Nesta entrevista, Dário Camal, diplomata, empreendedor, escritor, entre outras qualidades, faz uma radiografia da importância do Dia Internacional da Juventude, liderança juvenil, empreendedorismo e o estágio actual do mercado de emprego.

Profile – Olhando para o lema proposto, este ano, pelo Conselho Nacional da Juventude, qual é o papel que a Juventude poderá ter para quebrar as barreiras e divergências internacionais para a criação de um mundo mais solidário?

Dário Camal – Penso que o lema deste ano foi influenciado por causa das tensões militares, a guerra Rússia-Ucrânia e a Covid-19. Nunca se falou tanto de solidariedade como se fala agora e isto, em parte, é resultado de uma geração que coloca um ser humano a competir com outro ser humano.

Não estamos a criar um mundo de solidariedade porque perdemos valores morais.

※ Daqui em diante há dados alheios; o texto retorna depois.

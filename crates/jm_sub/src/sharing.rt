//! How subscriptions that have names are shared.

ghost use Rattle.std.specs.Prelude.{◌≡◌, if◌then◌else◌};
ghost use Rattle.std.specs.Option.{option_copied};
ghost use Rattle.jm_sub.specs.Sharing as spec;
ghost use Rattle.jm_sub.specs.Subscriptions.{is_shared_own};

use crate::definition::{is_same, is_same_kind};
use jm_dest::Key;
use jm_machine::Definition;

/// How a subscription that has a name is shared (Jakarta Messaging 3.1, section 8.3).
#[derive(Clone, Copy, Debug, PartialEq, Eq)]
pub enum Sharing {
    /// Durable, with one consumer at a time.
    Unshared,
    /// Durable, with any number of consumers.
    SharedDurable,
    /// Not durable, with any number of consumers.
    Shared,
}

impl Sharing {
    /// Whether the subscription may have more than one active consumer.
    pub fn is_shared(self) -> bool
        ensures { result ≡ spec.is_shared self }
    {
        match self {
            Sharing::Unshared => false,
            Sharing::SharedDurable | Sharing::Shared => true,
        }
    }

    /// Whether a subscription that is shared so may be had, where that is held under its key: `is_idle` says that no
    /// consumer of the key is active, and `is_home` that no row of it is out.
    pub fn may(
        self,
        held: Option<&Definition>,
        is_idle: bool,
        is_home: bool,
        asked: &Definition,
    ) -> bool
        ensures { result ≡ spec.may self (option_copied held.entry) is_idle is_home asked.now }
    {
        match self {
            Sharing::Unshared => {
                is_same_kind(held, asked) && is_idle && (is_same(held, asked) || is_home)
            }
            Sharing::SharedDurable => {
                is_same_kind(held, asked) && (is_same(held, asked) || is_idle && is_home)
            }
            Sharing::Shared => held.is_none() || is_same(held, asked),
        }
    }
}

/// How many shared subscriptions that are not durable have the key: one, or none by its kind.
pub(crate) fn shared_own(key: &Key) -> usize
    ensures { result ≡ (if is_shared_own key.now then 1 else 0) }
{
    match key {
        Key::SharedOwn(_, _) => 1,
        Key::Queue(_) | Key::Own(_, _) | Key::Durable(_, _) => 0,
    }
}
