//! Rows of delayed.

ghost use Rattle.std.specs.Prelude.{◌≡◌, IfOk, IfErr};
ghost use Rattle.jm_decoding.specs.declared.fault.RowFault.TheVariants.{Damaged};
ghost use Rattle.jm_decoding.specs.Decoded.{IsDelayOf};
ghost use Rattle.jm_decoding.specs.Readable.{IsReadableDelay};

use crate::columns::{natural_at, number_at};
use crate::fault::RowFault;
use jm_dest::Moment;
use sqlite::Row;

/// What a row of delayed stands for.
#[derive(Clone, Copy, Debug, PartialEq, Eq)]
pub struct DelayRow {
    /// The place of its message, from 0 to 9,223,372,036,854,775,807.
    pub place: u64,
    /// The moment at which the message becomes due.
    pub due: Moment,
}

/// What the row stands for, which has the columns of delayed at their indexes in the tree of the table (ours): place, which is
/// the rowid, at 0, and due at 2. `Damaged` exactly where one of them is no whole number that is not negative. Takes no memory.
pub fn delay_of(row: &Row) -> Result<DelayRow, RowFault>
    ensures ok { IfOk result (IsDelayOf row.now) }
    ensures err { IfErr result (λ fault. (fault ≡ Damaged) × ¬ IsReadableDelay row.now) }
{
    let place = natural_at(row, 0)?;
    match Moment::new(number_at(row, 2)?) {
        Ok(due) => Ok(DelayRow { place, due }),
        Err(_) => Err(RowFault::Damaged),
    }
}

As gerações dos nossos pais e avôs não eram tão informadas e instruídas quanto a nossa, mas privilegiam valores e princípios, é por isso que este lema torna-se relevante.

Profile – Quanto à questão da liderança juvenil, em que estágio o nosso país se encontra e quais são os exemplos concretos a citar?

Dário Camal – Eu acredito que a liderança é uma qualidade nata nas pessoas. Em África, se não são as religiões que crescem demasiadamente, são os cursos de liderança. Há um falso paradigma de que todos vão ser empreendedores e eu acho que uma sociedade não pode ser formada só por líderes, e isso não nos tira valor – não faz com que uma pessoa seja menos importante que a outra – podes ser CEO de uma empresa e não seres líder, assim como podes ser um Presidente da República e não conseguires comandar o teu país.

Em África, particularmente, a nossa sociedade e cultura oprime, omite e desincentiva que os líderes jovens tomem um espaço porque há medo da juventude, acreditando-se que para manter o poder, não deve haver inclusão de pessoas mais fortes do que nós.

Não há um espaço real que incentiva, de facto, a liderança juvenil e o discurso é sempre o mesmo: os jovens são sempre vistos como um problema, à isto associa-se uma suposta marginalidade, preguiça e falta de visão.

O que temos de perceber é que não há oportunidades e sistema preparado para absorver os jovens no mercado de trabalho. Está claro que um jovem desocupado tem mais chances de ser marginal, frustrado e com pensamentos negativos, precisamos colocar os jovens ocupados.

Profile – Como os jovens devem se posicionar para o mercado de trabalho?

Dário Camal – Com o crescimento populacional que temos em Moçambique, não é possível haver vagas de emprego para tantas pessoas. Por exemplo, nos últimos cinco anos de mandato o Governo não conseguiu criar 300 mil postos de trabalho. Sou da opinião que a maior riqueza de África não são os recursos minerais… o maior recurso que a África tem são as pessoas.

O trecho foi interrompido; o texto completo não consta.